--- Information shown ---

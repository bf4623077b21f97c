// Where reading stands after a property of LIGTABLE: each kind of property, in a function of its own.
ghost use Rattle.std.specs.Prelude.{◌≡◌, [], ◌∷◌, ◌+◌, ◌*◌, ◌%◌, ◌<◌, ◌≤◌, pos, negsuc, leb, eqb};
ghost use Rattle.std.proofs.lemmas.List.Edits.{sets};
ghost use Rattle.words.specs.Words.{number_of};
ghost use Rattle.lang.specs.Every.{both};
ghost use Rattle.property_lists.specs.ListReading.{at_least, may_label};
ghost use Rattle.property_lists.specs.ListReading.{labelled_at, label_set, may_end, ended_at, next_set, stepped_at};
ghost use Rattle.pl_apply.specs.Standing.{ChangesBy};

use pl_progress::may_label;
use property_lists::Progress;
use words::i32s::put_word;

// As many steps as a label or SKIP asks for.
fn at_least(needed: usize, n: usize) -> usize
    requires { n < 18446744073709551615 }
    ensures { result ≡ at_least needed n }
{
    if needed <= n { n + 1 } else { needed }
}

// LABEL.
pub(crate) fn label(c: u32, s: Progress, labels: &mut [i32]) -> Option<Progress>
    requires { 4 * s.steps ≤ 18446744073709551615 }
    ensures { ChangesBy (may_label c s labels.old) (labelled_at s)
        (label_set c s.steps labels.old) labels.old result labels.new }
{
    if !may_label(c, s, labels) {
        return None;
    }
    put_word(labels, c as usize, s.steps.min(65535) as u32);
    let needed = at_least(s.needed, s.steps);
    Some(Progress {
        stage: s.stage,
        boundary: s.boundary,
        steps: s.steps,
        ending: false,
        needed: needed,
    })
}

// The end of a step: its next, and how many steps are asked for then.
fn end_step(next: u32, needed: usize, s: Progress, instructions: &mut [i32]) -> Option<Progress>
    requires { 4 * s.steps ≤ 18446744073709551615 }
    ensures { ChangesBy (may_end s) (ended_at needed s)
        (next_set s.steps (number_of next) instructions.old) instructions.old result
        instructions.new }
{
    if s.stage != 2 {
        return None;
    }
    if !s.ending {
        return None;
    }
    put_word(instructions, 4 * s.steps.saturating_sub(1), next);
    Some(Progress {
        stage: s.stage,
        boundary: s.boundary,
        steps: s.steps,
        ending: false,
        needed: needed,
    })
}

// STOP.
pub(crate) fn stop(s: Progress, instructions: &mut [i32]) -> Option<Progress>
    requires { 4 * s.steps ≤ 18446744073709551615 }
    ensures { ChangesBy (may_end s) (ended_at s.needed s)
        (next_set s.steps (negsuc 0) instructions.old) instructions.old result
        instructions.new }
{
    end_step(4294967295, s.needed, s, instructions)
}

// SKIP.
pub(crate) fn skip(n: u32, s: Progress, instructions: &mut [i32]) -> Option<Progress>
    requires { 4 * s.steps ≤ 18446744073709551615 }
    ensures { ChangesBy (both (may_end s) (leb n 127)) (ended_at (at_least s.needed (s.steps + n)) s)
        (next_set s.steps (pos n) instructions.old) instructions.old result
        instructions.new }
{
    if 127 < n {
        return None;
    }
    end_step(n, at_least(s.needed, s.steps + n as usize), s, instructions)
}

// LIG and KRN: a step with these numbers.
pub(crate) fn put_step(
    right: u32,
    kind: u32,
    operand: u32,
    s: Progress,
    instructions: &mut [i32],
) -> Option<Progress>
    requires { 4 * s.steps + 4 ≤ 18446744073709551615 }
    ensures { ChangesBy (eqb s.stage 2) (stepped_at s)
        (sets instructions.old (4 * s.steps)
        (pos 0 ∷ pos (right % 256) ∷ number_of kind ∷ number_of operand ∷ [])) instructions.old result
        instructions.new }
{
    if s.stage != 2 {
        return None;
    }
    put_word(instructions, 4 * s.steps, 0);
    put_word(instructions, 4 * s.steps + 1, right % 256);
    put_word(instructions, 4 * s.steps + 2, kind);
    put_word(instructions, 4 * s.steps + 3, operand);
    Some(Progress {
        stage: s.stage,
        boundary: s.boundary,
        steps: s.steps + 1,
        ending: true,
        needed: s.needed,
    })
}
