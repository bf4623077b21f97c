// A character, a label of a LIGTABLE list and the BOUNDARYCHAR list, put into a lent list of bytes from a place on, as
// TFtoPL writes them (property_lists/specs/Displays.antt). What passes the end is left off, and the place behind the
// end is answered.
#![tactic(auto)]

ghost use Rattle.words.specs.Words.{number_of};
ghost use Rattle.property_lists.specs.Putting.{PutsCounted};
ghost use Rattle.property_lists.specs.Displays.{leading_octal, octal_char, label_line, boundary_label_line};
ghost use Rattle.property_lists.specs.Displays.{boundary_line};

use pl_put::bytes::{put_byte, put_bytes};

// The last octal digit of a number, and nothing where the number is 0.
fn put_leading(out: &mut [u8], at: usize, n: u32) -> usize
    ensures { PutsCounted out.old at (leading_octal n) result out.new }
{
    if n == 0 {
        return at.min(out.len() + 1);
    }
    put_byte(out, at, 48 + ((n % 8) as u8))
}

// A character in octal, a blank, O and a blank before it.
pub fn put_char(out: &mut [u8], at: usize, c: u32) -> usize
    ensures { PutsCounted out.old at (octal_char c) result out.new }
{
    let first = put_bytes(out, at, b" O ");
    let second = put_leading(out, first, c / 64);
    let last = put_leading(out, second, c / 8);
    put_byte(out, last, 48 + ((c % 8) as u8))
}

// The label of a character.
pub fn put_label(out: &mut [u8], at: usize, c: u32) -> usize
    ensures { PutsCounted out.old at (label_line c) result out.new }
{
    let first = put_bytes(out, at, b"   (LABEL");
    let end = put_char(out, first, c);
    put_bytes(out, end, b")\n")
}

// The label of the left boundary.
pub fn put_boundary_label(out: &mut [u8], at: usize) -> usize
    ensures { PutsCounted out.old at boundary_label_line result out.new }
{
    put_bytes(out, at, b"   (LABEL BOUNDARYCHAR)\n")
}

// The boundary character, by its 32 bits; nothing where there is none.
pub fn put_boundary(out: &mut [u8], at: usize, boundary: u32) -> usize
    ensures { PutsCounted out.old at (boundary_line (number_of boundary)) result out.new }
{
    if 2147483648 <= boundary {
        return at.min(out.len() + 1);
    }
    let first = put_bytes(out, at, b"(BOUNDARYCHAR");
    let end = put_char(out, first, boundary);
    put_bytes(out, end, b")\n")
}
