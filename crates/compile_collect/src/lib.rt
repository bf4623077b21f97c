// The first half of compiling's first stage: the pairs that have a rule, a row each in the work buffer, in ascending
// order with the boundary first, after `build_node_to_program_start_map` of ligkern/compiler.rs (lines 113 to 148).
// Each left's chain is walked once (crate `compile_survey`), and its rows written (crate `compile_chain_rows`).
// specs/Rows.antt of crate `compiling` says what a row holds.
#![tactic(auto)]

ghost use Rattle.std.specs.Prelude.{◌≡◌, ◌*◌, ◌<◌, ◌≤◌, ◌/◌, min, length, replicate};
ghost use Rattle.words.specs.Words.{Word};
ghost use Rattle.lang.specs.Records.{count};
ghost use Rattle.fonts.specs.Fonts.{left_of, left_entry_of};
ghost use Rattle.compiling.specs.PairRows.{CollectsBy};
ghost use Rattle.lang.specs.Entries.{entries_table};
ghost use Rattle.compile_collect.specs.Collecting.{CollectsFont, edge_by};
ghost use Rattle.compiling.specs.PairSteps.{Adding, AddsBy, entry_place};

use compile_chain_rows::add_rows;
use compile_survey::survey;
use compiling::Collected;
use lang::entries::entries_table;
use words::i32s::word_at;
use words::slices::zero_all;

// The place of a left in the table of entries.
fn place_of(left: usize) -> usize
    ensures { result ≡ entry_place left }
{
    if left == 0 { 256 } else { left - 1 }
}

// The entry of a left, as its 32 bits.
fn entry_of(table: &[i32; 257], left: usize) -> u32
    requires { left < 257 }
    ensures { Word (left_entry_of table.now (left_of left)) result }
{
    word_at(table, place_of(left))
}

// The rows of one more left, after n others; none where it has no entry. Answers how many rows there are then, or
// nothing where they are more than the cap. The two tables are for the left's chain alone: what they held is not read,
// and what they hold then is free.
fn add_left(
    instructions: &[i32],
    table: &[i32; 257],
    work: &mut [u32],
    cap: usize,
    n: usize,
    left: usize,
    places: &mut [u32; 256],
    indices: &mut [u32; 256],
) -> Option<usize>
    requires { Adding instructions.now table.now left n cap work.old }
    ensures { AddsBy instructions.now table.now left n cap work.old
        work.new result }
{
    let entry = entry_of(table, left);
    if 2147483648 <= entry {
        return Some(n);
    }
    let mut rights = [0u64; 4];
    let m = survey(instructions, entry as usize, places, indices, &mut rights);
    if cap - n < m {
        return None;
    }
    add_rows(work, n as u32, left as u32, &rights, places, indices);
    Some(n + m)
}

// How many rows are the boundary's, which is the first left.
fn edge_rows(left: usize, n: usize, e: usize) -> usize
    ensures { result ≡ edge_by left n e }
{
    if left == 0 { n } else { e }
}

// At most `cap` rows are written, to a work buffer of zeros. 12.
fn collect_rows(instructions: &[i32], table: &[i32; 257], work: &mut [u32], cap: usize) -> Collected
    requires { (count instructions.now ≤ 32767) × (16 * cap ≤ length work.old)
        × (work.old ≡ replicate (length work.old) 0) }
    ensures { CollectsBy instructions.now table.now cap work.old
        work.new result }
{
    let mut places = [0u32; 256];
    let mut indices = [0u32; 256];
    let mut n = 0;
    let mut e = 0;
    for left in 0..257 {
        let Some(m) = add_left(
            instructions,
            table,
            work,
            cap,
            n,
            left,
            &mut places,
            &mut indices,
        ) else {
            return Collected::Refused(12);
        };
        n = m;
        e = edge_rows(left, n, e);
    }
    Collected::Rows(n, e)
}

// The pairs of a font that have a rule, in a work buffer of sixteen u32 a pair: at most `room` of them. 1 where there
// are over 32,767 instructions, then 12, with the work all zeros.
pub fn collect(
    instructions: &[i32],
    entries: &[i32],
    left_entry: i32,
    work: &mut [u32],
    room: usize,
) -> Collected
    ensures { CollectsFont instructions.now
        (entries_table entries.now left_entry) (min room (length work.old / 16))
        work.old work.new result }
{
    zero_all(work);
    if 32767 < instructions.len() / 4 {
        return Collected::Refused(1);
    }
    let table = entries_table(entries, left_entry);
    let cap = room.min(work.len() / 16);
    match collect_rows(instructions, &table, work, cap) {
        Collected::Rows(n, e) => Collected::Rows(n, e),
        Collected::Refused(number) => {
            zero_all(work);
            Collected::Refused(number)
        }
    }
}
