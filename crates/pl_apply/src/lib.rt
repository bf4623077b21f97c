// A property applied to what was read (PLtoTF 82 to 85, 94 to 102). File `state` has each kind of property.
#![tactic(auto)]

ghost use Rattle.std.specs.Prelude.{◌≡◌, List, ◌+◌, ◌-◌, ◌*◌, ◌/◌, ◌%◌, ◌≤◌, leb, ℤ};
ghost use Rattle.property_lists.specs.Properties.{least_bytes};
ghost use Rattle.property_lists.specs.ListReading.{ListRead, applied};
ghost use Rattle.pl_apply.specs.Standing.{Stands, Follows};

use pl_progress::{bounded, least_bytes, table_closed, table_opened};
use property_lists::{Progress, Property};
use state::{label, put_step, skip, stop};

mod state;

// Four numbers for each of so many steps and the bytes of a property are a size.
fn is_size(p: Property, steps: usize) -> bool
    ensures { result ≡ leb steps ((18446744073709551615 - least_bytes p) / 4) }
{
    steps <= (18446744073709551615 - least_bytes(p)) / 4
}

// The operand of a ligature.
fn operand_of(op: u32, inserted: u32) -> u32
    ensures { (result ≡ 256 * (op % 128) + inserted % 256) × (result ≤ 65535) }
{
    256 * (op % 128) + inserted % 256
}

// What was read, with a property more, of a text that has four bytes for each step before it.
pub fn applied(
    p: Property,
    s: Progress,
    instructions: &mut [i32],
    labels: &mut [i32],
) -> Option<Progress>
    ensures { 4 * s.steps + least_bytes p ≤ 18446744073709551615 → (z : List ℤ) (l : ListRead) →
        Stands z l s instructions.old labels.old →
        Follows z (applied p l) result instructions.new labels.new }
{
    if !is_size(p, s.steps) {
        return None;
    }
    match p {
        Property::Comment => Some(s),
        Property::Boundary(c) => bounded(c, s),
        Property::Table => table_opened(s),
        Property::Label(c) => label(c, s, labels),
        Property::Stop => stop(s, instructions),
        Property::Skip(n) => skip(n, s, instructions),
        Property::Ligature(op, right, inserted) => put_step(
            right,
            2,
            operand_of(op, inserted),
            s,
            instructions,
        ),
        Property::Kern(right, bits) => put_step(right, 0, bits, s, instructions),
        Property::Closed => table_closed(s),
        Property::Ended => None,
    }
}
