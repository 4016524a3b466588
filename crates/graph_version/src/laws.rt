//! Laws of versions.

ghost use Rattle.std.specs.Prelude.{List};
ghost use Rattle.graph_types.specs.Graph.{Graph};
ghost use Rattle.graph_types.specs.Limits.{LimitsView, AreLimits};
ghost use Rattle.edge_block.specs.Slots.{BlockView};
ghost use Rattle.graph_version.specs.Rows.{blocks_of};
ghost use Rattle.graph_version.specs.Versions.{AreRowsOf, IsVersion, empty_version, empty_version_in};
ghost use Rattle.graph_version.specs.Edges.{AreEachOnce, edges_in_blocks};

/// The blocks of rows that have a graph's edges by look-up list each of its edges once, and no others.
#[tactic(auto, using(crate::proofs::Shown::rows_each_once))]
pub fn law_rows_each_once()
    ensures { (g : Graph) (rows : List (List BlockView)) → AreRowsOf g rows → AreEachOnce (edges_in_blocks (blocks_of rows)) g }
{}

/// What is true of every version is true of the one without batches, under the standard limits and under any others.
#[tactic(auto, using(crate::proofs::Empty::is_empty_version, crate::proofs::Empty::is_empty_version_in))]
pub fn law_empty_version()
    ensures standard { IsVersion empty_version }
    ensures any { (limits : LimitsView) → AreLimits limits → IsVersion (empty_version_in limits) }
{}
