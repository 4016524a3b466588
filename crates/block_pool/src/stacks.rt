//! Stacks of numbers, linked through one array.

ghost use Rattle.std.specs.Prelude.{◌≡◌, ◌<◌, ◌∷◌, ℕ, [], length, replicate, slice_set, IfOk, OnOk};
ghost use Rattle.block_pool.specs.Chains.{stack_of, below_top, AreAbsent};
ghost use Rattle.block_pool.specs.Paging.{HasRoom};

use crate::pages::Pages;
use std::alloc::{AllocError, Global};
use std::marker::Model;

/// The top of a stack, where it has one, and how many numbers it has.
#[derive(Clone, Copy, Debug)]
struct Stack {
    top: u32,
    height: u32,
}

/// So many stacks of numbers below a bound. A number's link takes memory before the number first stands in a stack.
#[derive(Debug)]
pub(crate) struct LinkedStacks {
    /// For each number that stands in a stack the one below it, and anything for a stack's last.
    below: Pages<u32>,
    stacks: Vec<Stack>,
}

// Written by hand: who lets one go rests on this function, and not on how each part is let go.
impl Drop for LinkedStacks {
    fn drop(self) {
        let LinkedStacks {
            below: _below,
            stacks: _stacks,
        } = self;
    }
}

impl Model for LinkedStacks {
    ghost use Rattle.std.specs.Prelude.{length, map};
    ghost use Rattle.block_pool.specs.Chains.{Stacks};
    ghost use Rattle.block_pool.specs.Chains.{chain_of, AreStacksWithin};

    ghost Value = { Stacks };

    ghost view = { λ s. record {
      bound = length s.below.items;
      lists = map (chain_of s.below.items) s.stacks.items;
      rooms = s.below.rooms;
    } };

    ghost invariant = { λ s. AreStacksWithin s.below.items s.stacks.items };
}

impl LinkedStacks {
    /// So many empty stacks of numbers below `bound`. It takes 8 bytes for each stack, and a little for each page of links.
    pub fn new(alloc: Global, bound: u32, stacks: u32) -> Result<LinkedStacks, AllocError>
        ensures { IfOk result (λ made. (made.bound ≡ bound) × (made.lists ≡ replicate stacks [])) }
    {
        Ok(LinkedStacks {
            below: Pages::new(alloc, bound as usize)?,
            stacks: vec![in alloc; Stack { top: 0, height: 0 }; stacks as usize]?,
        })
    }

    /// Takes the memory for a number's link, with those of its page, where it has none.
    pub fn make(&mut self, number: u32) -> Result<(), AllocError>
        requires { number < self.old.bound }
        ensures same { (self.new.bound ≡ self.old.bound) × (self.new.lists ≡ self.old.lists) }
        ensures room { OnOk result (HasRoom self.new.rooms number) }
        ensures kept { (other : ℕ) → HasRoom self.old.rooms other → HasRoom self.new.rooms other }
    {
        self.below.make(number as usize)
    }

    /// How many numbers a stack has.
    pub fn height(&self, stack: usize) -> usize
        requires { stack < length self.now.lists }
        ensures { result ≡ length (stack_of self.now.lists stack) }
    {
        self.stacks[stack].height as usize
    }

    /// Puts a number that stands in no stack, and has memory for a link, on top of one.
    pub fn push(&mut self, stack: usize, number: u32)
        requires stack { stack < length self.old.lists }
        requires number { number < self.old.bound }
        requires absent { AreAbsent number self.old.lists }
        requires room { length (stack_of self.old.lists stack) < self.old.bound }
        requires link { HasRoom self.old.rooms number }
        ensures { self.new ≡ record {
          bound = self.old.bound;
          lists = slice_set self.old.lists stack (number ∷ stack_of self.old.lists stack);
          rooms = self.old.rooms;
        } }
    {
        let old = self.stacks[stack];
        self.below.set(number as usize, old.top);
        self.stacks[stack] = Stack {
            top: number,
            height: old.height + 1,
        };
    }

    /// The number on top of a stack that isn't empty.
    pub fn top(&self, stack: usize) -> u32
        requires stack { stack < length self.now.lists }
        requires some { 0 < length (stack_of self.now.lists stack) }
        ensures { stack_of self.now.lists stack ≡ result ∷ below_top (stack_of self.now.lists stack) }
    {
        self.stacks[stack].top
    }

    /// Takes the top off a stack that isn't empty.
    pub fn pop(&mut self, stack: usize)
        requires stack { stack < length self.old.lists }
        requires some { 0 < length (stack_of self.old.lists stack) }
        ensures { self.new ≡ record {
          bound = self.old.bound;
          lists = slice_set self.old.lists stack (below_top (stack_of self.old.lists stack));
          rooms = self.old.rooms;
        } }
    {
        let old = self.stacks[stack];
        let top = self.below.get(old.top as usize);
        self.stacks[stack] = Stack {
            top,
            height: old.height - 1,
        };
    }
}
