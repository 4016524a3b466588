//! A content of which it is known that it is one.

ghost use Rattle.std.specs.Prelude.{◌≡◌, IfOk};
ghost use Rattle.graph_types.specs.Graph.{IsContentIn};

use graph_types::{Content, Limits};
use std::alloc::AllocError;

/// A content within its limits: its names and kinds are distinct, and it lists each edge once.
#[derive(Drop)]
pub(crate) struct ListedContent {
    pub(crate) content: Content,
    pub(crate) limits: Limits,
    ghost listed_once: { IsContentIn limits content },
}

impl ListedContent {
    /// A copy.
    pub(crate) fn share(&self) -> Result<ListedContent, AllocError>
        ensures content { IfOk result (λ copy. copy.content ≡ self.now.content) }
        ensures limits { IfOk result (λ copy. copy.limits ≡ self.now.limits) }
    {
        Ok(ListedContent {
            content: self.content.clone()?,
            limits: self.limits,
        })
    }
}
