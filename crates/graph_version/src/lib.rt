//! Versions of a graph: what batches leave, in rows of edge blocks that versions share.
//!
//! A version never changes once it is built; the next one is drafted over it and shares every row, batch and name
//! that the batch didn't touch. That is how Aspen holds snapshots (Dhulipala, Blelloch, Shun; PLDI 2019), here over
//! STINGER's edge blocks (Ediger, McColl, Riedy, Bader; IEEE HPEC 2012).
//!
//! What versions share stands in pages behind counted references. A new version keeps all but a few rows of the one before. So
//! rows stand in halls of 65,536 sources, each in groups of 1,024, these in pages of 64, and these in parts of 8: a changed row
//! costs a copy of its part and of the references of its page, group and hall, and every other hall, group, page and part is
//! shared. Each version has all batches since the first, and one batch more than the version before it. So batches stand in
//! pages of 16, these in groups of 16 pages, and these in halls of 32 groups: a new version copies the last page and the
//! references of the last group and of the last hall alone. What else a version costs is one reference for each hall.
//!
//! What the analyses ask of a graph is the edges of a view, by their sources: [`ViewEdges`]. A version has them in its blocks
//! ([`VersionEdges`]), and a plain list of arcs serves tests and examples ([`ListedArcs`]).
#![tactic(auto)]

mod batch_group;
mod batch_hall;
mod batch_log;
mod batch_page;
mod batches;
mod begun;
mod drafts;
mod edges;
mod in_edges;
mod laws;
mod lending;
mod listed;
mod listed_arcs;
mod opening;
mod rebase;
mod row;
mod row_group;
mod row_hall;
mod row_page;
mod rows;
mod source;
mod tables;
mod told;
mod told_graph;
mod told_opening;
mod version_edges;
mod versions;

pub use batches::{BatchIter, BatchList};
pub use drafts::VersionDraft;
pub use edges::EdgeIter;
pub use in_edges::InEdgeIter;
pub use laws::{law_empty_version, law_rows_each_once};
pub use lending::{BlockNumbers, RowIter};
pub use listed_arcs::ListedArcs;
pub use row::Row;
pub use rows::Rows;
pub use source::ViewEdges;
pub use tables::RowTable;
pub use version_edges::VersionEdges;
pub use versions::Version;
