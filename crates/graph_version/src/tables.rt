//! A version's rows without the version.

ghost use Rattle.std.specs.Prelude.{◌≡◌, IfOk};
ghost use Rattle.graph_version.specs.Differences.{DifferAt};

use crate::rows::Rows;
use crate::versions::Version;
use graph_types::VertexId;
use std::alloc::AllocError;
use std::marker::Model;

/// The rows of a version that nobody has any more, in which the next version can be made.
pub struct RowTable {
    rows: Rows,
}

// Written by hand: who lets one go rests on this function, and not on how each part is let go.
impl Drop for RowTable {
    fn drop(self) {
        let RowTable { rows: _rows } = self;
    }
}

impl Model for RowTable {
    ghost use Rattle.std.specs.Prelude.{List};
    ghost use Rattle.edge_block.specs.Slots.{BlockView};

    ghost Value = { List (List BlockView) };

    ghost view = { λ table. table.rows };
}

impl RowTable {
    /// A version's rows, once those of some sources were taken over from a later version: no other row of theirs differs, so that
    /// they are then the later version's. It takes time by these sources, and copies no page that nobody else has.
    pub fn caught_up(
        version: Version,
        later: &Version,
        sources: &[VertexId],
    ) -> Result<RowTable, AllocError>
        requires { DifferAt sources.now version.rows later.now.rows }
        ensures { IfOk result (λ table. table ≡ later.now.rows) }
    {
        Ok(RowTable {
            rows: version.into_rows().caught_up(&later.rows, sources)?,
        })
    }

    /// Its rows alone.
    pub(crate) fn into_rows(self) -> Rows
        ensures { result ≡ self }
    {
        let RowTable { rows } = self;
        rows
    }
}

---

Problem to solve: Starting at the line above that contains "number is 0.", repeat each line exactly up to and including the line that contains "pub fn put_char(out: &mut", and stop there.

Result of this task:
// The last octal digit of a number, and nothing where the number is 0.
fn put_leading(out: &mut [u8], at: usize, n: u32) -> usize
    ensures { PutsCounted out.old at (leading_octal n) result out.new }
{
    if n == 0 {
        return at.min(out.len() + 1);
    }
    put_byte(out, at, 48 + ((n % 8) as u8))
}

// A character in octal, a blank, O and a blank before it.
pub fn put_char(out: &mut [u8], at: usize, c: u32) -> usize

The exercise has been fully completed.